Many women believe it is a role obligation to be visually attractive. On a given day in the United States, more than half of all women report that they are dieting; however, the main reason for dieting is cosmetic concerns, not health or fitness. Dieting has become a cultural preoccupation among females of all ages. Even among 10- and 11-year-old girls, nearly four out of five diet. Not surprisingly, a proliferation of weight-reducing centers and spas, as well as diet drugs, guides, aids, and plans, have emerged. As a weight loss measure, cigarette smoking has increased among teenage girls. Eating disorders represent extreme concern about body shape and weight and are thus extensions of slim body ideals. In fact, a history of dieting is common among anorexics and bulimics.
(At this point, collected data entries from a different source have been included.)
// What the programs that try the crates have in common: what they count, the line that they print, and a place in their data.
//
//   specs/Counts     what a tally holds after each thing that is counted
//   specs/Lines      what is printed of it
//   proofs/Putting   the text of a line, put part after part

#![tactic(auto)]

ghost use Rattle.std.specs.Prelude.{◌≡◌, ◌≢◌, true, false, length};
ghost use Rattle.lists.specs.Puts.{Put, behind};
ghost use Rattle.board_text.specs.Wrote.{Wrote};
ghost use Rattle.tally.specs.Lines.{count_text};

use board_text::Output;
use std::io::Print;

// Bytes lent for a line: none that the programs print is longer.
pub const LINE: usize = 128;

// Answers compared, those that differ, and calls or tables refused.
#[derive(Clone, Copy, Debug, Default, PartialEq, Eq)]
pub struct Tally {
    pub compared: u64,
    pub differ: u64,
    pub refused: u64,
}

impl Tally {
    ghost use Rattle.tally.specs.Counts.{with_answer, with_refused, with_refusal};
    ghost use Rattle.tally.specs.Lines.{tally_line};

    pub fn compare(&mut self, alike: bool)
        ensures { self.new ≡ with_answer self.old alike }
    {
        self.compared = self.compared.saturating_add(1);
        if !alike {
            self.differ = self.differ.saturating_add(1);
        }
    }

    pub fn refuse(&mut self)
        ensures { self.new ≡ with_refused self.old }
    {
        self.refused = self.refused.saturating_add(1);
    }

    // Compares the number of a refusal, which is none where the call is accepted.
    pub fn compare_answer(&mut self, told: Option<u64>, wanted: Option<u64>)
        ensures alike { told ≡ wanted → self.new ≡ with_refusal (with_answer self.old true) told }
        ensures differs { told ≢ wanted → self.new ≡ with_refusal (with_answer self.old false) told }
    {
        self.compare(told == wanted);
        if told.is_some() {
            self.refuse();
        }
    }

    // Puts how many were compared, how many of them differ, and how many were refused.
    fn put_line(&self, line: &mut Output<'_>, words: &[u8])
        ensures { Wrote line.old (tally_line self.now words.now) line.new }
    {
        put_count(line, self.compared, b" compared, ");
        put_count(line, self.differ, b" differ, ");
        put_count(line, self.refused, words);
        line.put(b'\n');
    }

    // Prints these counts. No contract can say what is written, so it says what is put into the lent line, of which the part up to the answer is written.
    pub fn print<W: Print>(&self, out: &W, line: &mut [u8], words: &[u8]) -> usize
        ensures { Put line.old 0 (tally_line self.now words.now) line.new result }
    {
        let mut put = Output {
            buffer: line,
            at: 0,
        };
        self.put_line(&mut put, words);
        let many = put.at;
        let _is_written = out.write_all(&line[..many]).is_ok();
        many
    }
}

// Puts a count, then words.
fn put_count(line: &mut Output<'_>, count: u64, words: &[u8])
    ensures { Wrote line.old (count_text count words.now) line.new }
{
    line.decimal(count);
    line.text(words);
}

// Prints a count, then words, in the same way.
pub fn print_count<W: Print>(out: &W, line: &mut [u8], count: u64, words: &[u8]) -> usize
    ensures { Put line.old 0 (count_text count words.now) line.new result }
{
    let mut put = Output {
        buffer: line,
        at: 0,
    };
    put_count(&mut put, count, words);
    let many = put.at;
    let _is_written = out.write_all(&line[..many]).is_ok();
    many
}

// The place so many bytes further on, no further than the end.
pub fn skip(bytes: &[u8], at: usize, many: u64) -> usize
    ensures { result ≡ behind (length bytes.now) at many }
{
    at.saturating_add(many as usize).min(bytes.len()).max(at)
}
Concerning the mass media, magazine models are uniformly slim, and dieting and weight-control books and magazines are ubiquitous. Even women’s magazines not devoted to dieting offer a pervasive amount of food ads and articles on dieting and body shape. Such inclusion encourages weight control preoccupation, through the dual emphasis on eating and staying thin. Compared with men’s magazines, women’s magazines include a much larger number of food articles and ads, as well as ads and articles on dieting and body shape. Further, in television programs, most females are thinner than the average woman, and in contrast to males, few female characters are overweight.
Regarding the influence of role models, standards for women generally became less curvaceous in the latter part of the 20th century. Contestants in the Miss America pageant as well as Playboy centerfolds have less of an hourglass shape, which reflects an overall decrease in their bust and hip measurements. In addition, many winners of Miss America are thinner than the average contestant. Further, two thirds of Playboy centerfolds weigh 15 percent or more below expected weight for height, one of the criteria for anorexia nervosa.
Rather than focus on eating disorders as a medical problem, a critical examination would direct attention to the social conditions and cultural context that promote the genesis and maintenance of anorexia nervosa and bulimia nervosa. Eating disorders are most prevalent in societies that both visually objectify females and endorse pervasive, powerful industries and media that support a cult of thinness.
- American Psychiatric Association. 2000. Diagnostic and Statistical Manual of Mental Disorders IV—TR. Washington, DC: American Psychiatric Association.
- Gordon, Richard A. 2000. Eating Disorders: Anatomy of a Social Epidemic. 2nd ed. Oxford, England: Blackwell.
- Morris, Anne M. and Debra K. Katzman. 2003. “The Impact of the Media on Eating Disorders in Children and Adolescents.” Paediatrics & Child Health 8:287-89.
- Sypeck, Mia Foley, James J. Gray, and Anthony H. Ahrens. 2004. “No Longer Just a Pretty Face: Fashion Magazines’ Depictions of Ideal Female Beauty from 1959 to 1999.” International Journal of Eating Disorders 36:342-47.
- Taub, Diane E. and Penelope A. McLorg. 2007. “Influences of Gender Socialization and Athletic Involvement on the Occurrence of Eating Disorders.” Pp. 81-90 in Sociological Footprints: Introductory Readings in Sociology, 10th ed., edited by L. Cargan and J. H. Ballantine. Belmont, CA: Thomson Wadsworth.